The film perfectly mirrors the 40 years of the working women’s movement and highlights the intersection of key feminist touchstones. What makes this documentary so powerful and emotive is that while it has an in depth exploration of its origin and conception, including subsequent spinoffs, the Lane brothers examine the social climate and movements that it gave birth to.
In the film, viewers are introduced to the social movements that made 9 to 5 not only possible, but so important for its time. What the Lane brothers accomplish in their documentary is the revelation that 9 to 5 was a direct response to 2nd wave feminism in the States and the story and much of the character’s experiences in it were directly inspired by the hardships and tribulations women in the workforce were facing in late 1970s capitalist America.
The documentary features a new version of the classic song, this time performed by Kelly Clarkson and Dolly Parton herself as a slow, harrowing duet. Dolly specifically requested to re-record the song in a new, somber way, stripping the song of its fast paced, country roots as to show the progress women still have to make in the workforce and Western culture. By ending the film with this new arrangement, it beckons to listeners to not give up the good fight and become complacent, but rather continue to fight for the causes that inspired 9 to 5 and its subsequent adaptations.

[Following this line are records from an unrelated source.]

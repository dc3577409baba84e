//! The log.
ghost use Rattle.std.specs.Prelude.{◌≡◌, ◌<◌, ◌≤◌, ◌+◌, ◌^◌, ◌↔◌, false};
ghost use Rattle.std.specs.Prelude.{length, slice_get, Some, IsTrue, IfOk, IfErr, OnOk, IsErrOf};
ghost use Rattle.std.proofs.Props.{props};
ghost use Rattle.fleet_disk.specs.Image.{no_bytes};
ghost use Rattle.fleet_disk.specs.Rules.{Only};
ghost use Rattle.gate_log.specs.Device.{IsFailure, IsSafe, Leaves};
ghost use Rattle.gate_log.specs.Faults.{IsLogFault, IsReadingFault, IsReserveFault};
ghost use Rattle.gate_log.specs.Standing.{IsAtRest, IsBlank, IsEither, IsRising};
ghost use Rattle.gate_log.specs.StandingLaws.{rising_prop, rest_prop};
ghost use Rattle.gate_log.specs.Version.{IsOf};
ghost use Rattle.gate_log.specs.declared.fault.LogFault.TheVariants.{DeviceFailed, Failed, LogFull, OutOfMemory};
ghost use Rattle.gate_log.specs.declared.version.LogVersion.TheVariants.{First};

use crate::create::begin;
use crate::ends::{bounds, end_of};
use crate::fault::LogFault;
use crate::migrate::migrate;
use crate::put::put_entry;
use crate::reads::read_part;
use crate::recover::recover;
use crate::version::LogVersion;
use fleet_disk::Disk;
use std::alloc::Global;

/// The most bytes that a journal has.
pub const MOST_BYTES: u64 = 1 << 56;

/// A log of entries on a disk, each of them whole or not there.
///
/// The entries stand one behind another in the file `journal`; the file `slots` says which of them count, with the MD5
/// of each, or in the first version the file `gate`, without. After a failure of the device every call answers Failed
/// (32), and the disk has to be opened again.
#[derive(Drop)]
pub struct GateLog<D: Disk> {
    disk: D,
    version: LogVersion,
    ends: Vec<u64>,
    failed: bool,
    ghost rising: { IsRising 0 ends.items } by { rising_prop 0 ends.items },
    ghost begun: { version ≡ First → 0 < length ends.items } by { Prim.hlevel props },
    ghost at_rest: { D.honest disk → failed ≡ false → IsAtRest version ends.items (D.reads disk) } by { rest_prop (D.honest disk) (failed ≡ false) version ends.items (D.reads disk) },
    ghost durable: { D.honest disk → failed ≡ false → IsSafe D.Disk disk } by { Prim.hlevel props },
}

/// A sign that an entry is on the disk: only an append that answered Ok makes one.
#[derive(Drop)]
pub struct Receipt {
    entry: u64,
}

impl Receipt {
    ghost use Rattle.gate_log.specs.Log.{entry_of};

    /// The number of the entry, from 0 on.
    pub fn entry(&self) -> u64
        ensures { result ≡ entry_of self.now }
    {
        self.entry
    }
}

impl<D: Disk> GateLog<D> {
    ghost use Rattle.gate_log.specs.Calls.{ActsIn, AppendsThrough, HandsOn, IsAppended, IsCreated, IsMadeSecond, IsOpened};
    ghost use Rattle.gate_log.specs.Calls.{KeepsEntries, NotAppended, NotCreated, NotOpened, StaysFirst};
    ghost use Rattle.gate_log.specs.Log.{disk_left, disk_of, version_of, ends_of, size_of, entries_of};
    ghost use Rattle.gate_log.specs.Log.{FailsBy, HasFailed, HasRoom, IsFull, IsHonest, Lasts, LeavesAfter, LooksIn};
    ghost use Rattle.gate_log.specs.Log.{WhileWorking};
    ghost use Rattle.gate_log.specs.Recovered.{OpensThrough};

    /// Begins a log without entries, of the second version, on a disk of empty files. Until it has answered Ok a stop
    /// leaves no entry and one gate at most, of any value, so that an opening answers NoRepository (34). The first append
    /// takes no memory. It answers OutOfMemory (70) before it asks the disk for anything, ThereAlready (35) where a
    /// file isn't empty, and DeviceFailed (31). A refusal hands the disk back; one with something on it then is as it
    /// was: a read gives what it gave, and a stop leaves what it could leave, at each moment too.
    pub fn create(alloc: Global, disk: D) -> Result<GateLog<D>, (LogFault, D)>
        ensures begun { IfOk result (IsCreated D.Disk disk) }
        ensures refused { IfErr result (NotCreated D.Disk disk) }
        ensures any_moment { D.honest disk → Only no_bytes (D.may_leave disk) → Leaves D.Disk disk (disk_left result)
            IsBlank }
        ensures acts { HandsOn D.Disk disk result }
    {
        let Ok(ends) = Vec::with_capacity(alloc, 1) else {
            return Err((LogFault::OutOfMemory, disk));
        };
        let mut disk = disk;
        match begin(&mut disk) {
            Ok(()) => Ok(GateLog {
                disk,
                version: LogVersion::Second,
                ends,
                failed: false,
            }),
            Err(fault) => Err((fault, disk)),
        }
    }

    /// Opens the log that a disk holds: syncs, finds the entries that stand, and cuts what is behind them. Until the
    /// first sync has succeeded a stop leaves what it could leave before, and from then on an image that stands for
    /// the entries that a read gave. It answers NoRepository (34) where the first gate is missing or closed, Damaged
    /// (33) with the first entry whose length, sum or next gate breaks the format, DeviceFailed (31) and OutOfMemory (70);
    /// a refusal hands the disk back. But for 31 a read of it then gives what it gave, a stop leaves that, and at each
    /// moment left what it could leave before. At no moment of an opening does a stop leave another version than that of
    /// what a read gave, but for what it could leave before.
    pub fn open(alloc: Global, disk: D) -> Result<GateLog<D>, (LogFault, D)>
        ensures opened { IfOk result (IsOpened D.Disk disk) }
        ensures refused { IfErr result (NotOpened D.Disk disk) }
        ensures any_moment { OpensThrough D.Disk disk (disk_left result) }
        ensures acts { HandsOn D.Disk disk result }
    {
        let mut disk = disk;
        match recover(alloc, &mut disk) {
            Ok(found) => Ok(GateLog {
                disk,
                version: found.version,
                ends: found.ends,
                failed: false,
            }),
            Err(fault) => Err((fault, disk)),
        }
    }

    /// How many entries there are. While no call has failed, they stand in each image that a stop may leave.
    #[tactic(auto, using(crate::proofs::EndLemmas::length_parts))]
    pub fn len(&self) -> u64
        ensures count { result ≡ length (ends_of self.now) }
        ensures entries { result ≡ length (entries_of self.now) }
        ensures stand { WhileWorking self.now (Lasts self.now) }
    {
        self.ends.len() as u64
    }

    /// Its layout. While no call has failed, each image that a stop may leave has that.
    pub fn version(&self) -> LogVersion
        ensures version { result ≡ version_of self.now }
        ensures stand { WhileWorking self.now (LeavesAfter self.now (IsOf result)) }
    {
        self.version
    }

    /// There is no entry.
    #[tactic(auto, using(crate::proofs::EndLemmas::length_parts))]
    pub fn is_empty(&self) -> bool
        ensures { IsTrue result ↔ (length (entries_of self.now) ≡ 0) }
    {
        self.ends.is_empty()
    }

    /// The device failed in a call of this log.
    pub fn has_failed(&self) -> bool
        ensures { IsTrue result ↔ HasFailed self.now }
    {
        self.failed
    }

    /// The disk, with what the calls have left there.
    pub fn into_disk(self) -> D
        ensures { result ≡ disk_of self }
    {
        let GateLog {
            disk,
            version: _,
            ends: _,
            failed: _,
        } = self;
        disk
    }

    /// Makes the growths of an append of so many bytes: that append, made next, takes no memory. It answers
    /// Failed (32) after a failure of the device, LogFull (36) where the journal would pass 2^56 bytes, and
    /// OutOfMemory (70); the entries stay as they are.
    pub fn reserve(&mut self, count: usize) -> Result<(), LogFault>
        ensures room { OnOk result (HasRoom self.new) }
        ensures fits { OnOk result (size_of self.old + count ≤ 2 ^ 56) }
        ensures disk { disk_of self.new ≡ disk_of self.old }
        ensures entries { ends_of self.new ≡ ends_of self.old }
        ensures version { version_of self.new ≡ version_of self.old }
        ensures working { HasFailed self.new ↔ HasFailed self.old }
        ensures failed { IsErrOf result Failed ↔ HasFailed self.old }
        ensures full { IsErrOf result LogFull ↔ IsFull self.old count }
        ensures memory { IsErrOf result OutOfMemory → ¬ HasRoom self.old }
        ensures no_other { IfErr result IsReserveFault }
    {
        if self.failed {
            return Err(LogFault::Failed);
        }
        let more = count as u64;
        if more > MOST_BYTES || end_of(&self.ends) > MOST_BYTES - more {
            return Err(LogFault::LogFull);
        }
        self.ends.reserve(1)?;
        Ok(())
    }

    /// Adds an entry, which may not be empty. At each moment of the call a stop leaves the old entries, or these and
    /// the new one; once it has answered Ok, always the new one too. It answers Failed (32) after a failure of the
    /// device, LogFull (36) where the journal would pass 2^56 bytes, OutOfMemory (70) only without `reserve`, and
    /// DeviceFailed (31), after which either may stand; the other refusals leave the disk alone.
    pub fn append(&mut self, bytes: &[u8]) -> Result<Receipt, LogFault>
        requires { 0 < length bytes.now }
        ensures added { IfOk result (IsAppended bytes.now self.old self.new) }
        ensures refused { IfErr result (NotAppended self.old self.new) }
        ensures full { IsErrOf result LogFull ↔ IsFull self.old (length bytes.now) }
        ensures any_moment { AppendsThrough bytes.now self.old self.new }
        ensures either { IsHonest self.old → IsErrOf result DeviceFailed → LeavesAfter self.new (IsEither (entries_of
            self.old) bytes.now) }
        ensures version { version_of self.new ≡ version_of self.old }
        ensures acts { ActsIn self.old self.new result }
    {
        self.reserve(bytes.len())?;
        let entry = self.ends.len() as u64;
        let end = end_of(&self.ends) + bytes.len() as u64;
        self.failed = true;
        put_entry(&mut self.disk, self.version, &self.ends, bytes)?;
        self.ends.push_reserved(end);
        self.failed = false;
        Ok(Receipt { entry })
    }

    /// The bytes of an entry, of which there is one of this number. It answers Failed (32) after a failure of the
    /// device, DeviceFailed (31) and OutOfMemory (70), and Damaged (33) only where the disk has fewer bytes than an
    /// honest one; the entries stay as they are.
    pub fn read_entry(&mut self, alloc: Global, entry: u64) -> Result<Vec<u8>, LogFault>
        requires { entry < length (ends_of self.old) }
        ensures bytes { IsHonest self.old → IfOk result (λ bytes. slice_get (entries_of self.old) entry ≡ Some
            bytes.items) }
        ensures looks { LooksIn self.old self.new }
        ensures device { IsFailure D.Disk (disk_of self.old) (disk_of self.new) result }
        ensures failed { IsErrOf result Failed ↔ HasFailed self.old }
        ensures working { FailsBy self.old self.new result }
        ensures no_other { IsHonest self.old → IfErr result IsLogFault }
        ensures faults { IfErr result (IsReadingFault entry) }
    {
        if self.failed {
            return Err(LogFault::Failed);
        }
        let (start, end) = bounds(&self.ends, entry as usize);
        match read_part(alloc, &mut self.disk, entry, start, end) {
            Ok(bytes) => Ok(bytes),
            Err(LogFault::DeviceFailed) => {
                self.failed = true;
                Err(LogFault::DeviceFailed)
            }
            Err(fault) => Err(fault),
        }
    }

    /// Makes the second version of a log of the first, and answers how many entries that are; a log of the second is
    /// left alone, with 0. First come the growths and the reads for the sums; then `slots` is emptied, begun with a
    /// closed gate, and filled, its first gate is opened, and `gate` is emptied, with a sync behind each. At each moment
    /// of the call a stop leaves what stands for the same entries, so it may be stopped and made again. It answers
    /// Failed (32) after a failure of the device, DeviceFailed (31) and OutOfMemory (70), which leaves the disk alone,
    /// and Damaged (33) only where the disk has fewer bytes than an honest one; the entries stay as they are.
    pub fn upgrade(&mut self, alloc: Global) -> Result<u64, LogFault>
        ensures made { IfOk result (IsMadeSecond self.old self.new) }
        ensures refused { IfErr result (StaysFirst self.old self.new) }
        ensures keeps { KeepsEntries self.old self.new }
        ensures acts { ActsIn self.old self.new result }
    {
        if self.failed {
            return Err(LogFault::Failed);
        }
        match self.version {
            LogVersion::Second => Ok(0),
            LogVersion::First => match migrate(alloc, &mut self.disk, &self.ends) {
                Ok(()) => {
                    self.version = LogVersion::Second;
                    Ok(self.ends.len() as u64)
                }
                Err(LogFault::DeviceFailed) => {
                    self.failed = true;
                    Err(LogFault::DeviceFailed)
                }
                Err(fault) => Err(fault),
            },
        }
    }
}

While the film perfectly examines the film and Dolly’s title song, what makes it so powerful is that it shows that 9 to 5 transcends film and song, and instead is a movement that is still growing. What Still Working 9 to 5 reveals to its viewers is that while progress has been made for women in Western society, so much work is yet to be done and women are still working hard 9-5.
Still working 9-5 is currently showing at festivals and screenings across the US, but you can stream the original film that started it all on Disney+ in Europe.